Print the data exactly as it appears, keeping every word.

(Saved data entries)
■ ■ ■ ■
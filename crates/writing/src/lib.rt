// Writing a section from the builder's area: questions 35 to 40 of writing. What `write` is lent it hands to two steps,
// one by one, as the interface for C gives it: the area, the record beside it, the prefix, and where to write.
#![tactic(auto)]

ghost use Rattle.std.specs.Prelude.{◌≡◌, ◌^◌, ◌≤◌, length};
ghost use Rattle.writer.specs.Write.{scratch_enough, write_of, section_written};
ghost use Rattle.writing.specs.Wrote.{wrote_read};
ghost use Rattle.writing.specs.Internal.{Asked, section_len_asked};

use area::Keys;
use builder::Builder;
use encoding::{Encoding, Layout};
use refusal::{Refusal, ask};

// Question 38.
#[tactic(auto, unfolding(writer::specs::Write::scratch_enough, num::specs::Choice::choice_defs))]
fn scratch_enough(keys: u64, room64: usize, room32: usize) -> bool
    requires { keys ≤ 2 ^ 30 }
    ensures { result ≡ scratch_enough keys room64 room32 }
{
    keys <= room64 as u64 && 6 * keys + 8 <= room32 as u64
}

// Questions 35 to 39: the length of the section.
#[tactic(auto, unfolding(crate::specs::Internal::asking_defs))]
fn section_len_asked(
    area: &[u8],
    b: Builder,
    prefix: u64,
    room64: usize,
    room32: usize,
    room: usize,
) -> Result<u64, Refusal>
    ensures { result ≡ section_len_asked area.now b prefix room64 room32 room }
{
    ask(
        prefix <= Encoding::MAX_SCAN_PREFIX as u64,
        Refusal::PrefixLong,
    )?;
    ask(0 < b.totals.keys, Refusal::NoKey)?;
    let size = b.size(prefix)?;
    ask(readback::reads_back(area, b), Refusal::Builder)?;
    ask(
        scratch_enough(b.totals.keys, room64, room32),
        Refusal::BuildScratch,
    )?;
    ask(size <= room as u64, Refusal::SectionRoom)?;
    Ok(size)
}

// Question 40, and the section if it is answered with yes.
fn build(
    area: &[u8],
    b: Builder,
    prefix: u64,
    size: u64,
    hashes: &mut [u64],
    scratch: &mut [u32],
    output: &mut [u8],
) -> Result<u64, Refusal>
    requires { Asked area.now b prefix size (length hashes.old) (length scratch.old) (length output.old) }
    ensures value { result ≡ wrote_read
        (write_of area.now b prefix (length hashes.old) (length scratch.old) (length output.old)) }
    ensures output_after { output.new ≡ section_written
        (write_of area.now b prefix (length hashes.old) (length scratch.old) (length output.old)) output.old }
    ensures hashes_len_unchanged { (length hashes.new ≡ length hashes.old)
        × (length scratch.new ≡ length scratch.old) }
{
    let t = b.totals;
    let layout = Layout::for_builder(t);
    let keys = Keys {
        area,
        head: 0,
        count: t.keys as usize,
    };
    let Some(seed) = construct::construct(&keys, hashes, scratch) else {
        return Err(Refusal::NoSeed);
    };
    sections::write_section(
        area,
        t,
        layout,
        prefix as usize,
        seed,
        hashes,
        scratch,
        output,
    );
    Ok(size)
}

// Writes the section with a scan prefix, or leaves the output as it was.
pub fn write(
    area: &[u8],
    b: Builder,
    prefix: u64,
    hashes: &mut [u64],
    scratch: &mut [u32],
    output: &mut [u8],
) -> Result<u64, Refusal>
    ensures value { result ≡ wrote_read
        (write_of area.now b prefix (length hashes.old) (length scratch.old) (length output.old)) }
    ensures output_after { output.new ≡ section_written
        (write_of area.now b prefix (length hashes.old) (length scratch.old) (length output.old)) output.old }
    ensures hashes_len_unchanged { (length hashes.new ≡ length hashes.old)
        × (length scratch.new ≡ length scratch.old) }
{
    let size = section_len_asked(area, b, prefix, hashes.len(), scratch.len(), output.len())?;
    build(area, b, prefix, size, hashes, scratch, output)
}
■ ■ ■ ■
§ Response below
filename crates/writing/src/lib.rt
// Writing a section from the builder's area: questions 35 to 40 of writing. What `write` is lent it hands to two steps,
// one by one, as the interface for C gives it: the area, the record beside it, the prefix, and where to write.
#![tactic(auto)]

ghost use Rattle.std.specs.Prelude.{◌≡◌, ◌^◌, ◌≤◌, length};
ghost use Rattle.writer.specs.Write.{scratch_enough, write_of, section_written};
ghost use Rattle.writing.specs.Wrote.{wrote_read};
ghost use Rattle.writing.specs.Internal.{Asked, section_len_asked};

use area::Keys;
use builder::Builder;
use encoding::{Encoding, Layout};
use refusal::{Refusal, ask};

// Question 38.
#[tactic(auto, unfolding(writer::specs::Write::scratch_enough, num::specs::Choice::choice_defs))]
fn scratch_enough(keys: u64, room64: usize, room32: usize) -> bool
    requires { keys ≤ 2 ^ 30 }
    ensures { result ≡ scratch_enough keys room64 room32 }
{
    keys <= room64 as u64 && 6 * keys + 8 <= room32 as u64
}

// Questions 35 to 39: the length of the section.
#[tactic(auto, unfolding(crate::specs::Internal::asking_defs))]
fn section_len_asked(
    area: &[u8],
    b: Builder,
    prefix: u64,
    room64: usize,
    room32: usize,
    room: usize,
) -> Result<u64, Refusal>
    ensures { result ≡ section_len_asked area.now b prefix room64 room32 room }
{
    ask(
        prefix <= Encoding::MAX_SCAN_PREFIX as u64,
        Refusal::PrefixLong,
    )?;
    ask(0 < b.totals.keys, Refusal::NoKey)?;
    let size = b.size(prefix)?;
    ask(readback::reads_back(area, b), Refusal::Builder)?;
    ask(
        scratch_enough(b.totals.keys, room64, room32),
        Refusal::BuildScratch,
    )?;
    ask(size <= room as u64, Refusal::SectionRoom)?;
    Ok(size)
}

// Question 40, and the section if it is answered with yes.
fn build(
    area: &[u8],
    b: Builder,
    prefix: u64,
    size: u64,
    hashes: &mut [u64],
    scratch: &mut [u32],
    output: &mut [u8],
) -> Result<u64, Refusal>
    requires { Asked area.now b prefix size (length hashes.old) (length scratch.old) (length output.old) }
    ensures value { result ≡ wrote_read
        (write_of area.now b prefix (length hashes.old) (length scratch.old) (length output.old)) }
    ensures output_after { output.new ≡ section_written
        (write_of area.now b prefix (length hashes.old) (length scratch.old) (length output.old)) output.old }
    ensures hashes_len_unchanged { (length hashes.new ≡ length hashes.old)
        × (length scratch.new ≡ length scratch.old) }
{
    let t = b.totals;
    let layout = Layout::for_builder(t);
    let keys = Keys {
        area,
        head: 0,
        count: t.keys as usize,
    };
    let Some(seed) = construct::construct(&keys, hashes, scratch) else {
        return Err(Refusal::NoSeed);
    };
    sections::write_section(
        area,
        t,
        layout,
        prefix as usize,
        seed,
        hashes,
        scratch,
        output,
    );
    Ok(size)
}

// Writes the section with a scan prefix, or leaves the output as it was.
pub fn write(
    area: &[u8],
    b: Builder,
    prefix: u64,
    hashes: &mut [u64],
    scratch: &mut [u32],
    output: &mut [u8],
) -> Result<u64, Refusal>
    ensures value { result ≡ wrote_read
        (write_of area.now b prefix (length hashes.old) (length scratch.old) (length output.old)) }
    ensures output_after { output.new ≡ section_written
        (write_of area.now b prefix (length hashes.old) (length scratch.old) (length output.old)) output.old }
    ensures hashes_len_unchanged { (length hashes.new ≡ length hashes.old)
        × (length scratch.new ≡ length scratch.old) }
{
    let size = section_len_asked(area, b, prefix, hashes.len(), scratch.len(), output.len())?;
    build(area, b, prefix, size, hashes, scratch, output)
}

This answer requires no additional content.